Про Траверсе я слышал, он командовал 1-м Сумским гусарским полком. Прикидывая, что надо бы с ним свести знакомство, ведь гусар всегда поймет гусара, я продолжал узнавать последние новости. Собравшиеся высказывались о том, когда конкретно объявят войну и как скоро сюда начнут прибывать члены императорской фамилии. Так же многих интересовал вопрос, как великий князь Николай Николаевич, которого прозвали НикНиком Старшим покажет себя на посту главнокомандующего. Здесь, среди боевых товарищей и коллег по службе, я чувствовал себя, как рыба в воде.
Генерала Дризена я увидел мельком, когда тот в сопровождении многочисленной свиты отправился инспектировать какой-то полк. Среднего роста, подтянутый, короткостриженым, с шикарными усами, он буквально излучал уверенность. Представиться ему мне не удалось. Так что беседовать пришлось с начальником штаба генералом Волочковым, толковым и спокойным офицером.
— Полковник Соколов? Прекрасно, мы вас еще вчера ожидали, — сказал он, пожимая мне руку. — Видите, у нас здесь как перед Вторым Пришествием, все на ушах. Так что давайте кратко и по существу, у меня каждый день расписан по минутам.
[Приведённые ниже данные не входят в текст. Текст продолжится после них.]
// The initializers of classes that start, one after another, and what comes behind them.

ghost use Rattle.std.specs.Prelude.{◌≡◌, ◌≤◌, ◌<◌, ◌+◌, IfOk, drop, length, true};
ghost use Rattle.je_core.specs.declared.value.Value.TheVariants.{Null};
ghost use Rattle.je_core.specs.View.{initializer_view, program_view};
ghost use Rattle.je_classes.specs.Hierarchy.{class_at};
ghost use Rattle.je_java.specs.Constructors.{initializers_in};
ghost use Rattle.je_java.specs.Meaning.{run_initializer, run_initializers, start};
ghost use Rattle.je_java.specs.Steps.{initializing, out_of_start};
ghost use Rattle.machine_parts.specs.Starts.{initialize_all, load_from};
ghost use Rattle.machine_parts.specs.Ways.{goes_behind, starts_on as the_starts_on, height, gives};
ghost use Rattle.machine_parts.specs.way.Clauses.{GoesAhead, RunsAheadFrom, from_first};

use crate::starting::{mark, next_class, next_to_load};
use je_core::{ClassId, Initializer, Memory, Program, Slots, Value};
use je_heap::Heap;
use machine_forms::expr::begin_expr;
use machine_parts::class::{initializers, locals_behind, next_initializer};
use machine_parts::frame::{ClassesLeft, Context, Control, Env, Frame, Start, Then};
use machine_parts::starts::{Path, Starts};
use std::mem;

// Enters an initializer of a class itself, behind which the start goes on.
fn enter(context: &mut Context, initializer: &Initializer, start: Start) -> Result<Control, Memory>
    ensures goes { IfOk result (GoesAhead context.old context.new (λ p m k.
        run_initializer m Null (initializer_view initializer.now)
        (λ dropped. the_starts_on p m start k) (out_of_start start.class))) }
    ensures short { IfOk result (λ c. height context.new + gives c ≤ height context.old + 1) }
    ensures begun { context.new.begun ≡ context.old.begun }
{
    let this = Value::Null;
    let none = Slots::new(context.alloc);
    let locals = locals_behind(&initializer.locals, none)?;
    let caller = mem::replace(&mut context.env, Env { this, locals });
    context.frames.push(Frame::Starting { caller, start })?;
    Ok(Control::Exec(initializer.body.clone()?))
}

// The initializers of a class from the one at a place on, which from then on are the innermost; then those of the classes
// on a path, and what comes behind.
fn begin_class(
    context: &mut Context,
    starts: &mut Starts,
    heap: &Heap,
    program: &Program,
    class: ClassId,
    place: usize,
    classes: Path,
    then: Then,
) -> Result<Control, Memory>
    requires { place < length (initializers_in (class_at (program_view program.now) class)) }
    ensures goes { IfOk result (RunsAheadFrom program.now
        context.old heap.now starts.old context.new heap.now starts.new (λ p m k.
        initializing class (run_initializers m Null
        (from_first true (drop place (initializers_in (class_at p class)))))
        (λ u. initialize_all p m classes (goes_behind p m then k)) (out_of_start class))) }
    ensures short { IfOk result (λ c. height context.new + gives c ≤ height context.old + 1) }
    ensures begun { context.new.begun ≡ context.old.begun }
{
    let initializer = &initializers(program, class)[place];
    let outer = starts.starting();
    starts.put_starting(Some(class));
    let start = Start {
        class,
        at: place + 1,
        outer,
        classes,
        then,
    };
    enter(context, initializer, start)
}

/// Classes start in the order of their numbers, and then the load is over.
pub fn load_classes(
    context: &mut Context,
    starts: &mut Starts,
    heap: &Heap,
    program: &Program,
    left: ClassesLeft,
) -> Result<Control, Memory>
    ensures goes { IfOk result (RunsAheadFrom program.now
        context.old heap.now starts.old context.new heap.now starts.new
        (λ p m k. load_from p m left.next left.count)) }
    ensures short { IfOk result (λ c. height context.new + gives c ≤ height context.old + 1) }
    ensures begun { context.new.begun ≡ context.old.begun }
{
    match next_to_load(context.alloc, starts, program, left)? {
        None => Ok(Control::Done(None)),
        Some(next) => {
            let then = Then::Classes(next.left);
            begin_class(
                context, starts, heap, program, next.class, next.place, next.path, then,
            )
        }
    }
}

// What comes behind the start of classes.
fn go_behind(
    context: &mut Context,
    starts: &mut Starts,
    heap: &mut Heap,
    program: &Program,
    then: Then,
) -> Result<Control, Memory>
    ensures goes { IfOk result (RunsAheadFrom program.now
        context.old heap.old starts.old context.new heap.new starts.new
        (λ p m k. goes_behind p m then k)) }
    ensures short { IfOk result (λ c. height context.new + gives c ≤ height context.old + 1) }
    ensures begun { context.new.begun ≡ context.old.begun }
{
    match then {
        Then::Node(node) => begin_expr(context, heap, program, node),
        Then::Classes(left) => load_classes(context, starts, heap, program, left),
    }
}

// The initializers of the classes on a path, and then what comes behind.
fn initialize(
    context: &mut Context,
    starts: &mut Starts,
    heap: &mut Heap,
    program: &Program,
    classes: Path,
    then: Then,
) -> Result<Control, Memory>
    ensures goes { IfOk result (RunsAheadFrom program.now
        context.old heap.old starts.old context.new heap.new starts.new
        (λ p m k. initialize_all p m classes (goes_behind p m then k))) }
    ensures short { IfOk result (λ c. height context.new + gives c ≤ height context.old + 1) }
    ensures begun { context.new.begun ≡ context.old.begun }
{
    let mut path = classes;
    match next_class(program, &mut path) {
        Some((class, place)) => {
            begin_class(context, starts, heap, program, class, place, path, then)
        }
        None => go_behind(context, starts, heap, program, then),
    }
}

/// A class starts, with those above it, and then what comes behind.
pub fn start_class(
    context: &mut Context,
    starts: &mut Starts,
    heap: &mut Heap,
    program: &Program,
    class: ClassId,
    then: Then,
) -> Result<Control, Memory>
    ensures goes { IfOk result (RunsAheadFrom program.now
        context.old heap.old starts.old context.new heap.new starts.new
        (λ p m k. start p m class (λ u. goes_behind p m then k) k.out)) }
    ensures short { IfOk result (λ c. height context.new + gives c ≤ height context.old + 1) }
    ensures begun { context.new.begun ≡ context.old.begun }
{
    let path = mark(context.alloc, starts, program, class)?;
    initialize(context, starts, heap, program, path, then)
}

/// The start of classes goes on behind an initializer.
pub fn starts_on(
    context: &mut Context,
    starts: &mut Starts,
    heap: &mut Heap,
    program: &Program,
    start: Start,
) -> Result<Control, Memory>
    ensures goes { IfOk result (RunsAheadFrom program.now
        context.old heap.old starts.old context.new heap.new starts.new
        (λ p m k. the_starts_on p m start k)) }
    ensures short { IfOk result (λ c. height context.new + gives c ≤ height context.old + 1) }
    ensures begun { context.new.begun ≡ context.old.begun }
{
    let Start {
        class,
        at,
        outer,
        classes,
        then,
    } = start;
    let all = initializers(program, class);
    match next_initializer(all, true, at) {
        Some(place) => {
            let start = Start {
                class,
                at: place + 1,
                outer,
                classes,
                then,
            };
            enter(context, &all[place], start)
        }
        None => {
            starts.put_starting(outer);
            initialize(context, starts, heap, program, classes, then)
        }
    }
}
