// Why a program isn't accepted.

use rule_breaks::Break;

/// Why a program isn't accepted.
#[derive(Drop)]
pub enum VerifyFault {
    /// Want of memory.
    Memory,
    /// Rules are broken: all places where one is, in order and each once.
    Refused(Vec<Break>),
}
Волочкова я понимал. Перед началом войны именно на его плечи легла координация и учет всех прибывающих сюда полков, а также сотня прочих вопросов той или иной степени важности.
Доложив, как полагается о состоянии полка, его численности и боевой подготовке, я получил приказ ожидать скорого прибытия генерал-майора князя Кропоткина. Князя я знал, он командовал 2-й бригадой 5-й кавалерийской дивизии, куда помимо Александрийских гусар входил и 5-й Донской казачий полк, который так же должен был прибыть в Унгены. В армии князя прозвали Лукавым Ленивцем. Кропоткин являлся моим непосредственным начальником, выше которого стоял Таубе.